William Locke Brockman (1802 – 28 November 1872) was an early settler in Western Australia, who became a pastoralist and stock breeder, and a Member of the Western Australian Legislative Council.

==Biography==
Born in Kent, England, in 1802, William Locke Brockman was a member of the Brockman family, a Kent family with a history dating back to the 14th century. Little is known of his early life, except that he was a farmer with land in the Romney Marsh area. In 1827, Brockman married Ann Francis Elizabeth Hamersley (1809–1876). They had six sons and three daughters.

In 1829, Brockman, with his wife and eldest son Edmund, emigrated to the Swan River Colony in Western Australia. They arrived on in January 1830. Brockman brought with him a prefabricated house, seven servants, and a number of sheep. Under the colony's system of land grants, this entitled him to a grant of over 20,000 acres. He was the ninth person to be granted land in the colony.

He established himself as a pastoralist and wheat grower in the Upper Swan district. He named his grant Herne Hill, and this name survives today as the name of the Perth suburb of Herne Hill. He was a foundation member of the Swan Agricultural Society in 1831, and in 1833 became a justice of the peace. In 1837, he constructed a mill on his property. His success as a farmer prompted his wife's brother Edward Hamersley to immigrate.
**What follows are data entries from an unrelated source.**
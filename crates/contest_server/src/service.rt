ghost use Rattle.farm_api.specs.Exchanges.{around_of};
ghost use Rattle.contest_server.specs.Visits.{Watch, watch, on_board};

use crate::bell::Bell;
use crate::public::Public;
use case_run::Cases;
use contest_page::Shows;
use farm_api::Paths;
use farm_board::{Admission, Anyone, Board};
use farm_io::{Clock, Peer, Sink, Source};
use judge_feed::Naming;
use std::alloc::Global;

/// What stays the same while a contest is served, but for what shows it to the public.
#[derive(Clone, Copy)]
pub(crate) struct Ground<'s, R, A: Admission, C, Q> {
    pub rt: &'s R,
    pub alloc: Global,
    pub paths: &'s Paths,
    pub board: &'s Board<Anyone, A>,
    pub clock: &'s C,
    pub cases: &'s Q,
    /// How many connections are served at the same time at the most.
    pub workers: u16,
    /// How many that came may not be given back yet.
    pub most: u16,
}

/// What stays the same while connections are served.
#[derive(Clone, Copy)]
pub(crate) struct Service<'s, R, A: Admission, C, Q, J: Naming> {
    pub rt: &'s R,
    pub alloc: Global,
    pub paths: &'s Paths,
    pub board: &'s Board<Anyone, A>,
    pub clock: &'s C,
    pub cases: &'s Q,
    pub public: &'s Public<A, J>,
    pub bell: &'s Bell,
    /// How many connections are served at the same time at the most.
    pub workers: u16,
    /// How many that came may not be given back yet.
    pub most: u16,
}

/// What is told of connections of a type, and of that by which they are served.
pub(crate) trait Watches<N: Source + Sink + Peer> {
    ghost watched: { Self → Watch N };
}

impl<'s, R, A: Admission, C: Clock, Q: Cases + Shows, J: Naming, N: Source + Sink + Peer> Watches<N>
    for Service<'s, R, A, C, Q, J> {
    ghost watched = { λ service. on_board J.start (Q.case_at service.cases.now) (Q.shown service.cases.now)
        (watch N.left N.held N.Source.faults N.Sink.faults (around_of (C.shows service.clock.now) N.Peer.asks)) };
}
Hamersley arrived with his wife and son Edward in February 1837. He ultimately became a successful and wealthy pastoralist, and a member of the Western Australian Legislative Council, and the Hamersley family became one of the most prominent families in the colony.

In 1839, he was nominated to the Western Australian Legislative Council, but he resigned the following year. From around 1845, he began exporting horses to India. He later acquired land near Northam, and was the first person to take up land in what is now the Shire of Bindoon. For this reason, the Brockman River, which flows through the Bindoon Shire, was named after him. Local Aboriginal people showed him the land around Gingin and because it had permanent water, he took up land there in 1841. He called the property Cheriton after the parish of his father, the Reverend Julius Drake-Brockman. A water-powered mill was built over the Gingin Brook by Alfred Carson, and wheat was milled into flour, helping relieve the colony's dependence on imported flour. Due to favourable soils, the property became the principal source of citrus fruit for Perth, and was especially known for what came to be called Cheriton oranges. It is thought that he had sourced the seeds in the Canary Islands.

In the 1860s, he became involved in the public push for representative government. Eventually, the Governor of Western Australia agreed to hold informal Legislative Council elections, on the understanding that he would nominate those elected. In the informal election of May 1867, he was elected for Guildford, and was accordingly nominated to the council. He held the nominative seat until July 1870, when the council became formally elective. He contested the seat of Swan in the subsequent election, but was defeated by Thomas Courthope Gull. Two years later he contested the seat again, this time defeating Gull. He held the seat until his death at Herne Hill on 28 November 1872.

Two of his sons, Henry and Edmund Ralph, became farmers in the colony and Members of the Legislative Council.